Smoke streamed lazily out of the open windows of the Rebbe’s house, hesitant to escape but eager to rise in the warm summer air. The thirteen men sitting inside the waiting room looked down at their shoes, smacking the end of their pipes in short breaths, in preparation for what would surely be their last opportunity to see the Rebbe.
Every young woman strolling from shop to shop was beautiful, and every child running from school was exuberant, and each was gladdened by the pleasant scent that always accompanied the sweetness of Summer’s arrival. But, to Koppel, it seemed that even the cobblestones over which the smoke drifted shook with anxious anticipation. Inhaling the smell of tobacco through the open door to his workshop, he winced at a familiar sting in his gut, and braced himself for the oncoming assault.
Summer in Radzyn meant more customers would come by his shop to chat, and laugh, and take a l'chaim, and maybe order a piece of jewelry or silver candlesticks to be made. It also meant the imminent departure of his Rebbe. Like his father and grandfather before him, the Rebbe would spend each Summer in the mountains, giving his eyes and ears new sights and sounds to uplift. The Rebbe would sorely miss his chassidim, and his chassidim would sorely miss their Rebbe, and each would deal with the separation in their own unique way.
This was decidedly Koppel’s least favorite time of year.
Shaken from this thought, Koppel heard the familiar cry of Shmuli the shamash and relaxed. The day, it seemed, was over.
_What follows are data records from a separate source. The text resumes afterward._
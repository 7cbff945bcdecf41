// The text of a report, measured, and put at the front of what is lent.
ghost use Rattle.std.specs.Prelude.{◌≡◌, ◌≤◌, length};
ghost use Rattle.common.specs.Answer.{Leaves};
ghost use Rattle.common.specs.Buffer.{Put};
ghost use Rattle.ledger.specs.Ledgers.{most_rows, held};
ghost use Rattle.text.specs.Lines.{line_of, put_text, told_putting};
ghost use Rattle.replay.specs.Progressing.{finish_of};
ghost use Rattle.report.specs.Report.{rows_text, ledger_text, text_of, report_of};

use crate::lines::{columns_line, row_line, session_line};
use ledger::Ledger;
use replay::{Progress, Stage};
use row::Row;
use text::Line;

// The rows in use: no more than there are places.
fn rows(l: &Ledger) -> &[Row]
    ensures value { result.now ≡ held l.now }
    ensures few { length result.now ≤ most_rows }
{
    let rows: &[Row] = &l.rows;
    &rows[..l.used.min(rows.len())]
}

// ---- measuring

// How many bytes the lines of rows take.
fn measure_rows(rows: &[Row]) -> usize
    requires { length rows.now ≤ most_rows }
    ensures { result ≡ length (rows_text rows.now) }
{
    let mut sum = 0;
    for row in rows {
        sum += text::measure(&row_line(row));
    }
    sum
}

// The session, the columns, the rows.
fn measure_ledger(l: &Ledger) -> usize
    ensures { result ≡ length (ledger_text l.now) }
{
    let front = text::measure(&session_line(l.session, l.used as u64));
    front + text::measure(&columns_line()) + measure_rows(rows(l))
}

// ---- putting

// A line that fits.
fn put_line(out: &mut [u8], line: &Line) -> usize
    requires { length (line_of line.now) ≤ length out.old }
    ensures { Put (line_of line.now) out.old result out.new }
{
    text::put(out, line).unwrap_or(0)
}

// A line for each row.
fn put_rows(out: &mut [u8], rows: &[Row]) -> usize
    requires { length (rows_text rows.now) ≤ length out.old }
    ensures { Put (rows_text rows.now) out.old result out.new }
{
    let mut at = 0;
    for row in rows {
        at += put_line(&mut out[at..], &row_line(row));
    }
    at
}

// The session, the columns, the rows.
fn put_ledger(out: &mut [u8], l: &Ledger) -> usize
    requires { length (ledger_text l.now) ≤ length out.old }
    ensures { Put (ledger_text l.now) out.old result out.new }
{
    let front = put_line(out, &session_line(l.session, l.used as u64));
    let at = front + put_line(&mut out[front..], &columns_line());
    at + put_rows(&mut out[at..], rows(l))
}

// It is measured first, and only then put.
fn write_ledger(out: &mut [u8], l: &Ledger) -> Option<usize>
    ensures { Leaves (put_text (ledger_text l.now) out.old) (told_putting result) out.new }
{
    if out.len() < measure_ledger(l) {
        return None;
    }
    Some(put_ledger(out, l))
}

// The report of a trace that was fed, with left bytes after its last whole field; 7 where out is too short, and then
// nothing is written.
pub fn of_progress(p: Progress, left: usize, out: &mut [u8]) -> Option<usize>
    ensures { Leaves (put_text (text_of (finish_of p left)) out.old) (told_putting result)
        out.new }
{
    let ended = p.finish(left);
    match ended.stage {
        Stage::Empty => text::put(out, &text::fault_line(0)),
        Stage::Running => write_ledger(out, &ended.ledger),
        Stage::Faulty(at) => text::put(out, &text::fault_line(at)),
    }
}

// The report of a whole trace.
pub fn of_trace(s: &[u8], out: &mut [u8]) -> Option<usize>
    ensures { Leaves (put_text (report_of s.now) out.old) (told_putting result)
        out.new }
{
    let fed = replay::begin().feed(s);
    of_progress(fed.progress, s.len() - fed.used, out)
}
Soon the men of Radzyn would put their tools down, remove a gartel from their pocket, and file into shul for the afternoon prayer. Some men would offer wild expressions of devotion, clapping and shaking in rhythm with their desires; others could offer only a sigh. Whichever the case, Shmuli would knock on their door and invite them along.
Today, however, Koppel watched something strange unfold through his window. Shmuli not only knocked on the door across the street, but he walked in as well. He spent barely a minute inside, and came out carrying a neatly wrapped package, tucked tightly beneath his right arm. Koppel leaned forward curiously to investigate, and was greeted with an inviting raise of the shamash’s eyebrows.
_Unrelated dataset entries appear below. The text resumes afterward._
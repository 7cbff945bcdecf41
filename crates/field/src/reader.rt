// The fields that hold bytes, read at an offset.
ghost use Rattle.std.specs.Prelude.{◌≡◌};
ghost use Rattle.field.specs.Entries.{few, list_at};
ghost use Rattle.field.specs.Fields.{field_at, integer, byte, bytes, list, track};
ghost use Rattle.field.specs.Told.{told_number, told_byte, told_bytes, told_counted, told_list, told_track};

use crate::walking::{entry_at, most, walk};
use crate::{Cut, Entries, Fault, Kind, MOST_FIELDS, MOST_PARAMETERS, Span, Track};

pub fn read_number(s: &[u8], at: usize) -> Result<(u64, usize), Cut>
    ensures { told_number result ≡ field_at integer s.now at }
{
    let (n, used) = integer::read_at(s, at)?;
    Ok((n, at + used))
}

pub fn read_byte(s: &[u8], at: usize) -> Result<(u8, usize), Cut>
    ensures { told_byte result ≡ field_at byte s.now at }
{
    if at < s.len() {
        return Ok((s[at], at + 1));
    }
    Err(Cut)
}

// A length and as many bytes: a reason, a URI, extension headers.
pub fn read_bytes(s: &[u8], at: usize) -> Result<Span, Cut>
    ensures { told_bytes result ≡ field_at bytes s.now at }
{
    match entry_at(s, Kind::Namespace, integer::GREATEST, at) {
        Ok(e) => Ok(e.bytes),
        Err(_) => Err(Cut),
    }
}

// Whether 01's sizes let a list have that many entries.
pub fn is_few(kind: Kind, count: u64) -> bool
    ensures { result ≡ few kind count }
{
    match kind {
        Kind::Namespace => {
            if count < 1 {
                return false;
            }
            count <= MOST_FIELDS
        }
        Kind::Parameters => count <= MOST_PARAMETERS,
        Kind::Versions => true,
    }
}

// A count and as many entries, and how many bytes they hold. The count is judged before an entry is looked for.
fn counted(s: &[u8], kind: Kind, at: usize) -> Result<(Entries, usize), Fault>
    ensures { told_counted result ≡ list_at kind s.now at }
{
    let (count, used) = integer::read_at(s, at)?;
    if !is_few(kind, count) {
        return Err(Fault::Oversize);
    }
    let start = at + used;
    let w = walk(s, true, kind, count, start)?;
    let end = w.end;
    Ok((Entries { start, end, count }, w.held))
}

// Parameters, versions, or a namespace that no name follows.
pub fn read_list(s: &[u8], kind: Kind, at: usize) -> Result<Entries, Fault>
    ensures { told_list kind result ≡ field_at (list kind) s.now at }
{
    let (entries, _) = counted(s, kind, at)?;
    Ok(entries)
}

// A namespace and the name after it, which share 4,096 bytes.
pub fn read_track(s: &[u8], at: usize) -> Result<Track, Fault>
    ensures { told_track result ≡ field_at track s.now at }
{
    let (namespace, held) = counted(s, Kind::Namespace, at)?;
    let most = most(true, Kind::Namespace, held);
    let name = entry_at(s, Kind::Namespace, most, namespace.end)?.bytes;
    Ok(Track { namespace, name })
}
“Shmuli, come in!” Koppel motioned with his hand, panicked and embarrassed at his own tendency to pry.
“Koppel, I wish I could, but mincheh-“
“Please, Shmuli! How long have you been waiting for this moment to sit with Radzyn’s silversmith? Eternity? Longer than that?”
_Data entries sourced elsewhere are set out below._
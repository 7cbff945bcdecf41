// Two fields that stand together in many messages.
ghost use Rattle.std.specs.Prelude.{◌≡◌};
ghost use Rattle.field.specs.Fields.{place_at, failure_at};
ghost use Rattle.field.specs.Told.{told_place, told_failure};

use crate::reader::{read_bytes, read_number};
use crate::{Cut, Failure, Place};

// A group and an object.
pub fn read_place(s: &[u8], at: usize) -> Result<(Place, usize), Cut>
    ensures { told_place result ≡ place_at s.now at }
{
    let (group, next) = read_number(s, at)?;
    let (object, end) = read_number(s, next)?;
    Ok((Place { group, object }, end))
}

// A code and a reason.
pub fn read_failure(s: &[u8], at: usize) -> Result<Failure, Cut>
    ensures { told_failure result ≡ failure_at s.now at }
{
    let (code, next) = read_number(s, at)?;
    let reason = read_bytes(s, next)?;
    Ok(Failure { code, reason })
}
Reluctantly, Shmuli abandoned his mission, if only for a moment, and stepped into Koppel’s shop. He knew Koppel would have a funny story prepared for him, and who was he to turn down a funny story from Radzyn’s silversmith?
He sat down in a chair across from Koppel, and placed the neatly wrapped package on the nearest table. Although Koppel had not the slightest idea what he would say to Shmuli, he was always ecstatic to leave his silver and entertain a guest. He liked to pride himself on the depth of relationship he cultivated with his customers, and considered being able to shmooze with them a matter of livelihood. He’d spend hours each day talking about this, and hours each day talking about that, and always remembered to ask how a sick child was feeling, if a feud had been resolved, or why the details of a passionate plan had not developed. He was keenly aware that his customers expected quality in their conversation, even more than they expected quality in the kiddish cups, silverware, knives, and jewelry they ordered from him.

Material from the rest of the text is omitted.